Happy Birthday Joe!! I don't know what we'd do without you here. Hope you get lots of bottles this year.  ~Mike


----------



## beendiggin (Jul 26, 2010)

Happy Birthday Joe.


----------



## glass man (Jul 26, 2010)

HOPE IT WAS A GREAT ONE JOE!! YOU AND LAUR ARE VERY SPECIAL TO NINA GIRL AND ME!!![]  JAMIE


----------



## JOETHECROW (Jul 26, 2010)

Wow I feel really good right now...[] Gotta thank all you great bottle compadres for making my b-day extra special....So thanks Jim,  Anthony, Madman Mike, Swiz, Slag pile digger Michael, Rockhounder Mike, Beendiggin, (Paul) and of course Jamie the Glassman!...Thanks for everyone taking a minute and wishing me well today! I'm lucky to count you all as friends.


----------



## blobbottlebob (Jul 27, 2010)

Hey yo - happy birthday Joe.


----------



## Calbottlegirl (Jul 27, 2010)

> ..My twin brother and I got out for a rare outing together,


 Twice the trouble,twice the fun!
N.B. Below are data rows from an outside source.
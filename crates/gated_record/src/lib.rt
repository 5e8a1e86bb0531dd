//! A record of two writes on a disk that may crash at any moment: the payload behind a closed gate,
//! and then the gate. It is a small example of how a caller of `xs_outside` speaks of crashes.
#![tactic(auto)]

mod record;
#[cfg(test)]
mod tests;

pub use record::{CLOSED, OPEN, put_record};
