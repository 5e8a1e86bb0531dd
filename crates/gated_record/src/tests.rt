//! The record on a station that stops after each number of disk calls.

use crate::{CLOSED, OPEN, put_record};
use std::test::Fail;
use xs_outside::{MemoryStation, Side};

const RECORD: &[u8] = b"\x01payload";

#[test]
fn a_record_stands_whole_or_not_at_all(rt: HostRuntime) -> Result<(), Fail> {
    let alloc = rt.alloc();
    for calls in 0..5_u64 {
        let mut station = MemoryStation::new(
            Vec::new(alloc),
            [CLOSED].to_vec(alloc)?,
            Vec::new(alloc),
            Vec::new(alloc),
        )?;
        station.stop_after(calls);
        let recorded = put_record(&mut station, Side::A, b"payload").is_ok();
        assert_eq!(rt; recorded, calls == 4);
        for image in station.images()?.as_slice() {
            let whole = image.a.as_slice() == RECORD;
            assert!(rt; whole || (!recorded && image.a.as_slice().first() != Some(&OPEN)));
        }
    }
    Ok(())
}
How cool is that?Happy belated bd to your bro...
 Jan


----------



## bostaurus (Jul 27, 2010)

Hope you have a very special birthday!!


----------



## RedGinger (Jul 27, 2010)

> ORIGINAL: Calbottlegirl
> 
> 
> 
> ...


 
 I got one for free, if you want some trouble, Jan.[]  When together, they equal about a ten year old.  I guess that's fun if you're a boy.


----------



## Digswithstick (Jul 27, 2010)

Hey Joe ,sorry i missed it ,worked late yesterday ,but happy belated b day to you and your  bro and many more !


----------